PROMPT>
Whenever a line in the records below holds the string "return", copy it out.

[[ RECORDS FOR THE EXERCISE, beginning ]]

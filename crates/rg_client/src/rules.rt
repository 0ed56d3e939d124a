// The rules on a whole head.
ghost use Rattle.std.specs.Prelude.{◌≡◌, ◌≤◌, length, map, option_map, All, IfSome};
ghost use Rattle.httparse.specs.Spans.{IsHeaderWithin, header_bytes};
ghost use Rattle.rg_http.specs.Print.{is_bare};
ghost use Rattle.rg_client.specs.Replies.{sized, by_length, body_length, body_limit};

use httparse::spans::HeaderSpan;
use rg_http::{FIELD_LIMIT, FieldName, count, first_value, is_coded, is_length, number};

/// The most bytes of a reply's body: 256 MiB.
const BODY_LIMIT: u64 = 268435456;

/// The least status of a reply that is final (RFC 9110, section 15).
const FINAL: u16 = 200;

// Whether a reply with this status has no body (RFC 9112, section 6.3).
fn is_bare(status: u16) -> bool
    ensures { result ≡ is_bare status }
{
    status == 204 || status == 304
}

fn sized(n: u64) -> Option<usize>
    ensures value { result ≡ sized n }
    ensures small { IfSome result (λ size. size ≤ body_limit) }
{
    if BODY_LIMIT < n {
        None
    } else {
        Some(n as usize)
    }
}

#[tactic(auto, unfolding(rg_http::specs::Rules::is_length))]
fn by_length(value: Option<&[u8]>) -> Option<usize>
    ensures value { result ≡ by_length (option_map (λ s. s.now) value.entry) }
    ensures small { IfSome result (λ size. size ≤ body_limit) }
{
    match value {
        Some(value) if is_length(value) => sized(number(value)),
        _ => None,
    }
}

/// How many bytes the body of a reply has (RFC 9112, section 6), by its status and its fields; none where the reply isn't read.
#[tactic(auto, unfolding(crate::specs::Replies::body_length))]
pub(crate) fn body_length(status: u16, window: &[u8], fields: &[HeaderSpan]) -> Option<usize>
    requires { All (IsHeaderWithin (length window.now)) fields.now }
    ensures value { result ≡ body_length status (map (header_bytes window.now) fields.now) }
    ensures small { IfSome result (λ size. size ≤ body_limit) }
    ensures is_final { IfSome result (λ _. 200 ≤ status) }
{
    if FIELD_LIMIT < fields.len() || status < FINAL {
        return None;
    }
    if is_bare(status) {
        return Some(0);
    }
    if is_coded(window, fields) || 1 < count(window, fields, FieldName::ContentLength) {
        return None;
    }
    by_length(first_value(window, fields, FieldName::ContentLength))
}
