// Reading a reply of a link, piece by piece.
ghost use Rattle.std.specs.Prelude.{◌≡◌, ◌≤◌, ◌+◌, length, max, true, IfOk, IfErr, MatchResult};
ghost use Rattle.rg_ports.specs.Bytes.{IsUsedUp};
ghost use Rattle.rg_http.specs.Answers.{piece_limit};
ghost use Rattle.rg_http.specs.Framing.{head_limit};
ghost use Rattle.rg_client.specs.declared.fault.ClientFault.TheVariants as fault;
ghost use Rattle.rg_client.specs.Replies.{Counts, kept_limit};
ghost use Rattle.rg_client.specs.Places.{Begins, Grows, Lacks, Told};

use crate::fault::ClientFault;
use crate::heads::{Begun, HEAD_LIMIT, Judged, judge};
use httparse::spans::HeaderSpan;
use rg_http::{Inbox, Response, bytes_of};
use rg_ports::Link;
use std::alloc::Global;

// Reads until a whole head stands at the front.
fn find_head<T: Link>(
    inbox: &mut Inbox,
    room: &mut Vec<HeaderSpan>,
    link: &mut T,
) -> Result<Begun, ClientFault>
    ensures grows { Grows (T.left link.old) (T.left link.new) inbox.old inbox.new }
    ensures bounded { length inbox.new ≤ max (length inbox.old) (head_limit + piece_limit) }
    ensures place { MatchResult result (Begins inbox.new) (Lacks inbox.new) }
    ensures ended { IfErr result (λ f. f ≡ fault.Ended
        → (T.ended link.new ≡ true) × IsUsedUp (T.left link.new)) }
    ensures faults { MatchResult result (λ _. T.faults link.new ≡ T.faults link.old)
        (λ f. Counts f (T.faults link.old) (T.faults link.new)) }
    ensures unwritten { T.held link.new ≡ T.held link.old }
{
    loop {
        match judge(inbox.bytes(), room)? {
            Judged::Head(begun) => return Ok(begun),
            Judged::Unread => return Err(ClientFault::Unreadable),
            Judged::Open => {}
        }
        if inbox.bytes().len() >= HEAD_LIMIT {
            return Err(ClientFault::Unreadable);
        }
        if !inbox.take_piece(link)? {
            return Err(ClientFault::Ended);
        }
    }
}

// Reads the body of a reply whose head came whole, and takes the reply out.
fn finish_reply<T: Link>(
    alloc: Global,
    inbox: &mut Inbox,
    begun: Begun,
    link: &mut T,
) -> Result<Response, ClientFault>
    requires { Begins inbox.old begun }
    ensures answer { Told (T.left link.old) (T.left link.new) inbox.old result inbox.new }
    ensures bounded { length inbox.new ≤ max (length inbox.old) kept_limit }
    ensures ended { IfErr result (λ f. f ≡ fault.Ended
        → (T.ended link.new ≡ true) × IsUsedUp (T.left link.new)) }
    ensures status { IfOk result (λ r. (200 ≤ r.status) × (r.status ≤ 999)) }
    ensures faults { MatchResult result (λ _. T.faults link.new ≡ T.faults link.old)
        (λ f. Counts f (T.faults link.old) (T.faults link.new)) }
    ensures unwritten { T.held link.new ≡ T.held link.old }
{
    let need = begun.len + begun.body;
    if !inbox.fill_to(need, link)? {
        return Err(ClientFault::Ended);
    }
    let body = bytes_of(alloc, &inbox.bytes()[begun.len..need])?;
    inbox.remove_front(need);
    Ok(Response {
        status: begun.status,
        body,
        close: begun.close,
    })
}

/// Reads until the reply at the front is whole, and takes it out.
pub(crate) fn read_reply<T: Link>(
    alloc: Global,
    inbox: &mut Inbox,
    room: &mut Vec<HeaderSpan>,
    link: &mut T,
) -> Result<Response, ClientFault>
    ensures answer { Told (T.left link.old) (T.left link.new) inbox.old result inbox.new }
    ensures bounded { length inbox.new ≤ max (length inbox.old) kept_limit }
    ensures ended { IfErr result (λ f. f ≡ fault.Ended
        → (T.ended link.new ≡ true) × IsUsedUp (T.left link.new)) }
    ensures status { IfOk result (λ r. (200 ≤ r.status) × (r.status ≤ 999)) }
    ensures faults { MatchResult result (λ _. T.faults link.new ≡ T.faults link.old)
        (λ f. Counts f (T.faults link.old) (T.faults link.new)) }
    ensures unwritten { T.held link.new ≡ T.held link.old }
{
    match find_head(inbox, room, link) {
        Ok(begun) => finish_reply(alloc, inbox, begun, link),
        Err(fault) => Err(fault),
    }
}
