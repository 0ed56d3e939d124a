// The tree, and how a value is found in it.
ghost use Rattle.std.specs.Prelude.{◌≡◌, ℕ, None, IfOk, Option, cond, option_map, ◌==◌};
ghost use Rattle.rg_tree.specs.Trees.{at, found, left_at, value_of};

use crate::edit::set;
use rg_base::{NoMemory, TryCopy};
use std::alloc::Global;
use std::sync::Arc;

/// A value under its key.
#[derive(Drop)]
pub struct Placed<V> {
    pub key: u64,
    pub value: V,
}

/// Values by their keys. At each fork the two lowest bits that are left of a key tell the way.
#[derive(Drop)]
pub enum Tree<V> {
    Leaf(Vec<Placed<V>>),
    Fork(Arc<Tree<V>>, Arc<Tree<V>>, Arc<Tree<V>>, Arc<Tree<V>>),
}

/// The value of the first of these that has the key.
fn value_of<V>(placed: &[Placed<V>], key: u64) -> Option<&V>
    ensures { option_map (λ v. v.now) result ≡ value_of key placed.now }
{
    let mut rest = placed;
    while let Some((first, others)) = rest.split_first() {
        if first.key == key {
            return Some(&first.value);
        }
        rest = others;
    }
    None
}

/// The value under the key, of which these bits are left.
fn found<V>(tree: &Tree<V>, key: u64, bits: u64) -> Option<&V>
    ensures { option_map (λ v. v.now) result ≡ found tree.now key bits }
{
    match tree {
        Tree::Leaf(placed) => value_of(placed.as_slice(), key),
        Tree::Fork(a, b, c, d) => match bits % 4 {
            0 => found(a, key, bits / 4),
            1 => found(b, key, bits / 4),
            2 => found(c, key, bits / 4),
            _ => found(d, key, bits / 4),
        },
    }
}

impl<V> Tree<V> {
    /// The value under the key.
    pub fn get(&self, key: u64) -> Option<&V>
        ensures { option_map (λ v. v.now) result ≡ at key self.now }
    {
        found(self, key, key)
    }
}

impl<V: TryCopy + Drop> Tree<V> {
    /// A tree with no values. It takes no memory.
    pub fn empty(alloc: Global) -> Tree<V>
        ensures { (key : ℕ) → at key result ≡ None }
    {
        Tree::Leaf(Vec::new(alloc))
    }

    /// The tree with this value, or none, under the key. It shares all but a path with this one, which stays as it is.
    pub fn set(&self, alloc: Global, key: u64, value: Option<V>) -> Result<Tree<V>, NoMemory>
        ensures { IfOk result (λ t. (k : ℕ) → at k t ≡ cond (k == key) value (at k self.now)) }
    {
        set(alloc, self, key, key, 0, value)
    }
}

[[ RECORDS FOR THE EXERCISE, end ]]

YOUR RESPONSE>
        return None;
        return Some(0);
        return None;
            Judged::Head(begun) => return Ok(begun),
            Judged::Unread => return Err(ClientFault::Unreadable),
            return Err(ClientFault::Unreadable);
            return Err(ClientFault::Ended);
        return Err(ClientFault::Ended);
            return Some(&first.value);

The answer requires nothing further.